(Stored items from a collection)
=======
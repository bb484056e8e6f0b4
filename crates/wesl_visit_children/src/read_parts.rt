//! What is done at a part.

use wgsl_expressions::{AttributeNode, ExpressionNode, TypeExpression};

/// What is done at each part of a syntax tree, up to the first refusal.
pub trait ReadParts {
    ghost use Rattle.std.specs.Prelude.{Result};
    ghost use Rattle.wesl_visit_children.specs.Parts.{Part, an_attribute, an_expression, a_type};

    /// Why it stops.
    type Refusal;

    /// What has to hold before it is done.
    ghost ready: { Self → Type 0 };

    /// What is done at a part, with what answer.
    ghost at: { Self → Part → Result Unit Self.Refusal → Self → Type 0 };

    /// At an attribute.
    fn attribute(&mut self, attribute: &AttributeNode) -> Result<(), Self::Refusal>
        requires { ready self.old }
        ensures done { at self.old (an_attribute attribute.now) result self.new }
        ensures ready_again { ready self.new };

    /// At an expression.
    fn expression(&mut self, expression: &ExpressionNode) -> Result<(), Self::Refusal>
        requires { ready self.old }
        ensures done { at self.old (an_expression expression.now) result self.new }
        ensures ready_again { ready self.new };

    /// At a type.
    fn ty(&mut self, ty: &TypeExpression) -> Result<(), Self::Refusal>
        requires { ready self.old }
        ensures done { at self.old (a_type ty.now) result self.new }
        ensures ready_again { ready self.new };
}
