// The message schedule, four words at a time.
ghost use Rattle.std.specs.Prelude.{◌≡◌, ◌<◌, ◌++◌, map, bit_xor};
ghost use Rattle.sha256.specs.Parts.{four_more, sixteen_more};
ghost use Rattle.sha256.specs.Sha256.{rotr, shr};

use std::simd::prelude::*;

// Sixteen words in their order, four to a vector.
#[derive(Clone, Copy)]
pub struct Words(pub u32x4, pub u32x4, pub u32x4, pub u32x4);

// The sixteen words that follow sixteen.
#[tactic(auto, using(crate::proofs::Extended::by_fours))]
pub fn next_sixteen(w: Words) -> Words
    ensures { result.0 ++ (result.1 ++ (result.2 ++ result.3)) ≡ sixteen_more (w.0 ++ (w.1 ++ (w.2 ++ w.3))) }
{
    let x0 = next_four(w);
    let x1 = next_four(Words(w.1, w.2, w.3, x0));
    let x2 = next_four(Words(w.2, w.3, x0, x1));
    let x3 = next_four(Words(w.3, x0, x1, x2));
    Words(x0, x1, x2, x3)
}

// The four words that follow sixteen. The last two need the first two, so these come first, with nothing added to the others.
fn next_four(w: Words) -> u32x4
    ensures { result ≡ four_more (w.0 ++ (w.1 ++ (w.2 ++ w.3))) }
{
    let none = u32x4::splat(0);
    let sums = w.0
        + small::<7, 18, 3>(w.0.shuffle(w.1, [1, 2, 3, 4]))
        + w.2.shuffle(w.3, [1, 2, 3, 4]);
    let low = sums + small::<17, 19, 10>(w.3.shuffle(none, [2, 3, 4, 5]));
    low + small::<17, 19, 10>(none.shuffle(low, [0, 1, 4, 5]))
}

// Two rotations and a shift to the right, in each word: σ0 and σ1 of the standard. No type says the range of a const parameter.
fn small<const I: u32, const J: u32, const K: u32>(x: u32x4) -> u32x4
    requires i_range { (0 < I) × (I < 32) }
    requires j_range { (0 < J) × (J < 32) }
    requires k_bound { K < 32 }
    ensures { result ≡ map (λ w. bit_xor (bit_xor (rotr I w) (rotr J w)) (shr K w)) x }
{
    rotated::<I>(x) ^ rotated::<J>(x) ^ (x >> u32x4::splat(K))
}

// Each word rotated to the right. BLAKE2s has its own: one of `digests` would be public, and ask its callers for the range.
fn rotated<const N: u32>(x: u32x4) -> u32x4
    requires { (0 < N) × (N < 32) }
    ensures { result ≡ map (rotr N) x }
{
    (x >> u32x4::splat(N)) | (x << u32x4::splat(32 - N))
}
=======
_Brief_:
From the records above, pick out and copy each line holding the word "AttributeNode".

_Reply_:
use wgsl_expressions::{AttributeNode, ExpressionNode, TypeExpression};
    fn attribute(&mut self, attribute: &AttributeNode) -> Result<(), Self::Refusal>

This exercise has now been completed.